Maybe we could save a few bob by turning the heat down inside? 

Marion


----------



## Purple (24 Nov 2009)

Marion said:


> It is.
> 
> Majority rules! That is the essence of a democracy.
> 
> Marion



 There is also such a thing as the tyranny of the majority. For democracy to work those that lose the election have to feel that they will not be disenfranchised by the victors. What has happened over the last few months is the government called the bluff of the union fat cats and they are now seeking to take control back. To that end they have expended considerable energy manipulating their members to do what they want. The whole thing is dripping with Animal Farm analogies.


----------



## Purple (24 Nov 2009)

Gordanus said:


> by which I do NOT, Purple, mean the nurses.


 pity...


----------



## shnaek (24 Nov 2009)

Day of action has turned out to be a day of shopping up in the North. Didn't realise that was the purpose of the strike.


----------



## Squonk (24 Nov 2009)

shnaek said:


> Day of action has turned out to be a day of shopping up in the North. Didn't realise that was the purpose of the strike.

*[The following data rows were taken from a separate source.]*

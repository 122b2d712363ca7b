//! The words and the options of the commands.
ghost use Rattle.std.specs.Prelude.{◌≡◌, false, pos};
ghost use Rattle.clap.specs.Words.{rule_of};
ghost use Rattle.clap.specs.declared.builder.value_parser.ValueParser.TheVariants.{Signed};
ghost use Rattle.command_words.specs.Laws.Words.{ranged, wanted};
ghost use Rattle.command_words.specs.Forms.{rule_for};

use crate::ABSENCE_LIMIT;
use clap::Arg;
use clap::builder::ValueParser;
use std::alloc::Global;
use wf_names::{LANE_LIMIT, ROUND_LIMIT};

/// A word or an option of a command.
#[derive(Clone, Copy)]
pub(crate) enum Word {
    /// The policy file.
    Policy,
    /// The name of a workflow.
    Flow,
    /// The file with the requests.
    Requests,
    /// The file with the transcript.
    Transcript,
    /// The file with a model, which may be left out.
    Model,
    /// The number of users who may be absent.
    Absences,
    /// What the random numbers begin from.
    Seed,
    /// The option for the number of lanes.
    Lanes,
    /// The option for the number of rounds.
    Rounds,
}

/// The argument of `clap` for a word or an option.
pub(crate) fn argument<'a>(alloc: Global, word: Word) -> Arg<'a>
    ensures rule { rule_of result ≡ rule_for word }
    ensures own { result.global ≡ false }
{
    match word {
        Word::Policy => wanted(alloc, "POLICY"),
        Word::Flow => wanted(alloc, "FLOW"),
        Word::Requests => wanted(alloc, "REQUESTS"),
        Word::Transcript => wanted(alloc, "TRANSCRIPT"),
        Word::Model => Arg::new(alloc, "MODEL"),
        Word::Absences => wanted(alloc, "T").value_parser(numbers(0, ABSENCE_LIMIT)),
        Word::Seed => wanted(alloc, "SEED").value_parser(clap::value_parser!(u64)),
        // The last word is `DEFAULT_LANES` in digits.
        Word::Lanes => ranged(alloc, "lanes", 1, LANE_LIMIT, "1"),
        // The last word is `DEFAULT_ROUNDS` in digits.
        Word::Rounds => ranged(alloc, "rounds", 0, ROUND_LIMIT, "2"),
    }
}

// A word that has to be there.
fn wanted<'a>(alloc: Global, name: &'a str) -> Arg<'a>
    ensures rule { rule_of result ≡ wanted name.entry.now }
    ensures own { result.global ≡ false }
{
    Arg::new(alloc, name).required(true)
}

// An option with a number, which is as `usual` writes it where the option is left out.
fn ranged<'a>(alloc: Global, name: &'a str, least: u8, most: u8, usual: &'a str) -> Arg<'a>
    ensures rule { rule_of result ≡ ranged name.entry.now least most usual.entry.now }
    ensures own { result.global ≡ false }
{
    Arg::new(alloc, name)
        .long(name)
        .value_parser(numbers(least, most))
        .default_value(usual)
}

fn numbers<'a>(least: u8, most: u8) -> ValueParser<'a>
    ensures { result ≡ Signed (pos least) (pos most) }
{
    clap::value_parser!(u8).range(i64::from(least)..=i64::from(most))
}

 Yep, I just heard that on the RTE news too. Shameful. That's patriotism for ya.


----------



## Caveat (24 Nov 2009)

...and there's irony for ya too.

Protesting because of the possibility of cuts due to the government not having enough money to pay the public sector paybill - then head off spending their money in a different jurisdiction, adding to the problem.


----------



## Bronte (24 Nov 2009)

Squonk said:


> Yep, I just heard that on the RTE news too. Shameful. That's patriotism for ya.


 
I'm sure the shopkeepers born in Ireland up North are delighted.


----------



## Deiseblue (24 Nov 2009)

Purple said:


> There is also such a thing as the tyranny of the majority. For democracy to work those that lose the election have to feel that they will not be disenfranchised by the victors. What has happened over the last few months is the government called the bluff of the union fat cats and they are now seeking to take control back. To that end they have expended considerable energy manipulating their members to do what they want. The whole thing is dripping with Animal Farm analogies.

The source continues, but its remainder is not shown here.